Exercise aim: Below is a block of entries; repeat exactly the lines starting at the line that contains "repository 7f285c9debb930ba" and ending at the line that contains "second ends first.", both included.

####

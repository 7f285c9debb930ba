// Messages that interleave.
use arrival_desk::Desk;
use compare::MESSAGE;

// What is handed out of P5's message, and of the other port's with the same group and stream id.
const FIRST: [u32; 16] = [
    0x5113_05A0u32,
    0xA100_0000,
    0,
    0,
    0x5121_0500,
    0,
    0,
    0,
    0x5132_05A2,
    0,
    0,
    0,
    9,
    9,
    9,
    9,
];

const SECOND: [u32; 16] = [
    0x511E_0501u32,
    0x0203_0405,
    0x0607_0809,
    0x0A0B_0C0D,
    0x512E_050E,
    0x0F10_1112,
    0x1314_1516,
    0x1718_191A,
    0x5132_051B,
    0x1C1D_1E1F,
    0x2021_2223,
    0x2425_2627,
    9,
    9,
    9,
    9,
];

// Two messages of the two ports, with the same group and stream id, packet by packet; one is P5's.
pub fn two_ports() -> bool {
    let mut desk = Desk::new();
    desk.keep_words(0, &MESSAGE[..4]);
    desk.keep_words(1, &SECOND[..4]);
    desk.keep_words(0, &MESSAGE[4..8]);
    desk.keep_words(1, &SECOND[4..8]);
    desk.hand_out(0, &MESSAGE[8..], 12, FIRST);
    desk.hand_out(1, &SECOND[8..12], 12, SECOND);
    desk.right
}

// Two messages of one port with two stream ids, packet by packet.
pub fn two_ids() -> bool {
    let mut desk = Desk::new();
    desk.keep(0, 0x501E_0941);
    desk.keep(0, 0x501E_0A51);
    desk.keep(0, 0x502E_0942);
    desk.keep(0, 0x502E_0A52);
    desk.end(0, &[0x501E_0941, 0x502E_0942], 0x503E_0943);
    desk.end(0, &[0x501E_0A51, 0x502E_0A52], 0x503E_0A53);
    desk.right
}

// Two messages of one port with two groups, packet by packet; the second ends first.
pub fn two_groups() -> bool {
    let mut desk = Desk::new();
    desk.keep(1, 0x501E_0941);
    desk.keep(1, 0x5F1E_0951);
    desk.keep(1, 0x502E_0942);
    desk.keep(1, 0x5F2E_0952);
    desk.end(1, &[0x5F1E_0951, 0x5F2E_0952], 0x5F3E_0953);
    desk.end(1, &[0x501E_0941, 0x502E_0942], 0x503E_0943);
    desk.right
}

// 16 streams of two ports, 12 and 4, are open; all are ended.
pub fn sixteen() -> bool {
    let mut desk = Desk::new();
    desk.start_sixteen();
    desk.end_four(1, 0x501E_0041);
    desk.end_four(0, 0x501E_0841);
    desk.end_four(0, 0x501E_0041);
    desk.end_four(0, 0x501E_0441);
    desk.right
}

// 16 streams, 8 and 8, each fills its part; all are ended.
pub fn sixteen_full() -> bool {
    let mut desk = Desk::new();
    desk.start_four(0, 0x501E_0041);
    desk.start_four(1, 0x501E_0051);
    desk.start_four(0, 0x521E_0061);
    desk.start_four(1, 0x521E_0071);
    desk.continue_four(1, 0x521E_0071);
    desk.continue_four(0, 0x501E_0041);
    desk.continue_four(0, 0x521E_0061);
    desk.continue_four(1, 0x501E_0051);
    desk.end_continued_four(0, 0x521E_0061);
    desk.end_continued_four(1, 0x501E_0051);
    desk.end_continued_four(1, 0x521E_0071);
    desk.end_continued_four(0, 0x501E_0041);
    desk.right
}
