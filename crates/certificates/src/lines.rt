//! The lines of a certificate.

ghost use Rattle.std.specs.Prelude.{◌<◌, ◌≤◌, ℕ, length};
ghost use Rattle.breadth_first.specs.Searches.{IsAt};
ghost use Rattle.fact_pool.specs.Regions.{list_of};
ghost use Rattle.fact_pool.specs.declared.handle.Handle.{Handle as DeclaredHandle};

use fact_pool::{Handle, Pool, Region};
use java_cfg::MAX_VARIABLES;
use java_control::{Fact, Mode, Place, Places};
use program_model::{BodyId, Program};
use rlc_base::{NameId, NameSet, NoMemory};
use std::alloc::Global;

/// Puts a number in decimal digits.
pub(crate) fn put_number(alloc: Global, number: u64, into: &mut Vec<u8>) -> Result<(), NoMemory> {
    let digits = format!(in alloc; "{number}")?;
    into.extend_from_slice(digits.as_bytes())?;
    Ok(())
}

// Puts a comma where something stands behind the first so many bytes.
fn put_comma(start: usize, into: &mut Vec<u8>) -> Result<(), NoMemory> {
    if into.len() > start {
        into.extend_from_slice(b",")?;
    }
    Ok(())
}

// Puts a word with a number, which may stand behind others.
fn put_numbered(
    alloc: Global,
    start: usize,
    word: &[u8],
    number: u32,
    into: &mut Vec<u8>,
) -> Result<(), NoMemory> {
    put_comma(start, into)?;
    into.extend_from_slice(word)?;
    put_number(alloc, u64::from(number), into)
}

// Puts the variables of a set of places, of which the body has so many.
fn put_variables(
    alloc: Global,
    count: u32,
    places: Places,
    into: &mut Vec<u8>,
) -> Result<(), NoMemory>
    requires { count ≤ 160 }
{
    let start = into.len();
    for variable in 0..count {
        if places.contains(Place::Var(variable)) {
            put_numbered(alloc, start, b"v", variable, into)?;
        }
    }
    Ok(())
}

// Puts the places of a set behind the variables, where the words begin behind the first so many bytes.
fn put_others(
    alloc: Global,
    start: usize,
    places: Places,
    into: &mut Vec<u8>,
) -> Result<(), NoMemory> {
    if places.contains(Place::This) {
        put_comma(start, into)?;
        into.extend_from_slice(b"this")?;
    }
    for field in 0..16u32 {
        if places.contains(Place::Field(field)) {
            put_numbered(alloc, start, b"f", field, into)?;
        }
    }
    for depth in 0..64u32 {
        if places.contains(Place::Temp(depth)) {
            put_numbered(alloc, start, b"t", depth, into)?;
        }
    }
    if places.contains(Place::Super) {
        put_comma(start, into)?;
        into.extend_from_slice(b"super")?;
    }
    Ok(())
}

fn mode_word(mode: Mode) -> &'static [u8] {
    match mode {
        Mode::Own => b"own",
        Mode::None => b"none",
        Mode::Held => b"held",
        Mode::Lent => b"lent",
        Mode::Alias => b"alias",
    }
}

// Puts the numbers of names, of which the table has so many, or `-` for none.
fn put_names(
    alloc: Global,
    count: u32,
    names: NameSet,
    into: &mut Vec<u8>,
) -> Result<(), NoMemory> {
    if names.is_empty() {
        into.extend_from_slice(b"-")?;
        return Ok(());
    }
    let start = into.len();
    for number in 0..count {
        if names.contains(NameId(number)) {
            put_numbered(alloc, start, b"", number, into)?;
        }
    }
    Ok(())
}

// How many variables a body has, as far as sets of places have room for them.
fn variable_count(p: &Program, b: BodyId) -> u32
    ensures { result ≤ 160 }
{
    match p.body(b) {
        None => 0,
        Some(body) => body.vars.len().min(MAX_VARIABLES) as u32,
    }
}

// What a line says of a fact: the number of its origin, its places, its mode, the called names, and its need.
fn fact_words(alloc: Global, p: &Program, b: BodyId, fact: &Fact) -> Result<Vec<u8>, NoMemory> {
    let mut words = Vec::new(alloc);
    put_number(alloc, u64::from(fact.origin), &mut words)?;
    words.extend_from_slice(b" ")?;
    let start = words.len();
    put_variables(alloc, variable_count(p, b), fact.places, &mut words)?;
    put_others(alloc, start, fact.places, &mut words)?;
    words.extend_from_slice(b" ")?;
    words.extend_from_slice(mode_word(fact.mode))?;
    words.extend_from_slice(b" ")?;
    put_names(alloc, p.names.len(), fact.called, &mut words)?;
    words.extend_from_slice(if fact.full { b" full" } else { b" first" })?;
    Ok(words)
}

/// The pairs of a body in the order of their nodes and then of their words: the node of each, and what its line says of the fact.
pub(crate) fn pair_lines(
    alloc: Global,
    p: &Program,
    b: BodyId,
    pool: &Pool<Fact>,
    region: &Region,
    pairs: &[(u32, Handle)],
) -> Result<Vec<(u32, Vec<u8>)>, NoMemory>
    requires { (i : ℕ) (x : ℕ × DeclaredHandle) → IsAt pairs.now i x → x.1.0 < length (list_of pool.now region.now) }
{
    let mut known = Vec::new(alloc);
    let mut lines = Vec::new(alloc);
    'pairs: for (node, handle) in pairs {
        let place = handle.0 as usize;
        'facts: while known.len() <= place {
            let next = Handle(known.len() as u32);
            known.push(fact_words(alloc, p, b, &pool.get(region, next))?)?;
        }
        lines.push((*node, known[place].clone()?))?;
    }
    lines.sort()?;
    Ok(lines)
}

####

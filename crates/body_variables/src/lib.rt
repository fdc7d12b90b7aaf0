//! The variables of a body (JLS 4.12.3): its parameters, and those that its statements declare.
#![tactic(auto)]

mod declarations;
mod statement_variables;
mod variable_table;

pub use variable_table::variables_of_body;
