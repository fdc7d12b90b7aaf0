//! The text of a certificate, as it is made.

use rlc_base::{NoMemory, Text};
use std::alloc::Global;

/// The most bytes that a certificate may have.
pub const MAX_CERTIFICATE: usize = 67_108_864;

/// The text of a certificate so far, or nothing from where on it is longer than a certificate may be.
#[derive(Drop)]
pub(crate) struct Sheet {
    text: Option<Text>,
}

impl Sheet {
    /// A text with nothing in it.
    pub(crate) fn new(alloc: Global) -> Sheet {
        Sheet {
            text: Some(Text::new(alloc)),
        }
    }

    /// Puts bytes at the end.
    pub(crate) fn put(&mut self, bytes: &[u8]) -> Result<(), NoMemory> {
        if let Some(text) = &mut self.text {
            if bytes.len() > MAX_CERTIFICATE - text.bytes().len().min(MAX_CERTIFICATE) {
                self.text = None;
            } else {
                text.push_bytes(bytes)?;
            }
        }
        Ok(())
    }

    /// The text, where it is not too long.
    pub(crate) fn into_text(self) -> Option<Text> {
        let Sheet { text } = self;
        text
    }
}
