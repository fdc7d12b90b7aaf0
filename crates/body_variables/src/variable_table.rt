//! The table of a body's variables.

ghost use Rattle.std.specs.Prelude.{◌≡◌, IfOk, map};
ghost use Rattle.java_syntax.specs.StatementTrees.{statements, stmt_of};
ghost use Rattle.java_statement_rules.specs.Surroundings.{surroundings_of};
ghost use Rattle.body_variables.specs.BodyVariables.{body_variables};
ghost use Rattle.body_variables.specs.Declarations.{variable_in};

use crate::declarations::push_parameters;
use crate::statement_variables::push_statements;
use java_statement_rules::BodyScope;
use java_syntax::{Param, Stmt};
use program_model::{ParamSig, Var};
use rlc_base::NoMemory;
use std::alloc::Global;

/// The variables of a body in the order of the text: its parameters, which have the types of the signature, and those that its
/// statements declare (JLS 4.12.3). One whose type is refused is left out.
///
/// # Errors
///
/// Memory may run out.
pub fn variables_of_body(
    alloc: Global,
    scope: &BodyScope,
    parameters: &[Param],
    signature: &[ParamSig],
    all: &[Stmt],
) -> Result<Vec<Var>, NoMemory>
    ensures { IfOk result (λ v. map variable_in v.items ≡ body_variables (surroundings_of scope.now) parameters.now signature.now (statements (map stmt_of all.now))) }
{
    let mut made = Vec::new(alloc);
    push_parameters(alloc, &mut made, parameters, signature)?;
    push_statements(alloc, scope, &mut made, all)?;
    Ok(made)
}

####

Solution to the exercise:
repository 7f285c9debb930ba
// Messages that interleave.
use arrival_desk::Desk;
use compare::MESSAGE;

// What is handed out of P5's message, and of the other port's with the same group and stream id.
const FIRST: [u32; 16] = [
    0x5113_05A0u32,
    0xA100_0000,
    0,
    0,
    0x5121_0500,
    0,
    0,
    0,
    0x5132_05A2,
    0,
    0,
    0,
    9,
    9,
    9,
    9,
];

const SECOND: [u32; 16] = [
    0x511E_0501u32,
    0x0203_0405,
    0x0607_0809,
    0x0A0B_0C0D,
    0x512E_050E,
    0x0F10_1112,
    0x1314_1516,
    0x1718_191A,
    0x5132_051B,
    0x1C1D_1E1F,
    0x2021_2223,
    0x2425_2627,
    9,
    9,
    9,
    9,
];

// Two messages of the two ports, with the same group and stream id, packet by packet; one is P5's.
pub fn two_ports() -> bool {
    let mut desk = Desk::new();
    desk.keep_words(0, &MESSAGE[..4]);
    desk.keep_words(1, &SECOND[..4]);
    desk.keep_words(0, &MESSAGE[4..8]);
    desk.keep_words(1, &SECOND[4..8]);
    desk.hand_out(0, &MESSAGE[8..], 12, FIRST);
    desk.hand_out(1, &SECOND[8..12], 12, SECOND);
    desk.right
}

// Two messages of one port with two stream ids, packet by packet.
pub fn two_ids() -> bool {
    let mut desk = Desk::new();
    desk.keep(0, 0x501E_0941);
    desk.keep(0, 0x501E_0A51);
    desk.keep(0, 0x502E_0942);
    desk.keep(0, 0x502E_0A52);
    desk.end(0, &[0x501E_0941, 0x502E_0942], 0x503E_0943);
    desk.end(0, &[0x501E_0A51, 0x502E_0A52], 0x503E_0A53);
    desk.right
}

// Two messages of one port with two groups, packet by packet; the second ends first.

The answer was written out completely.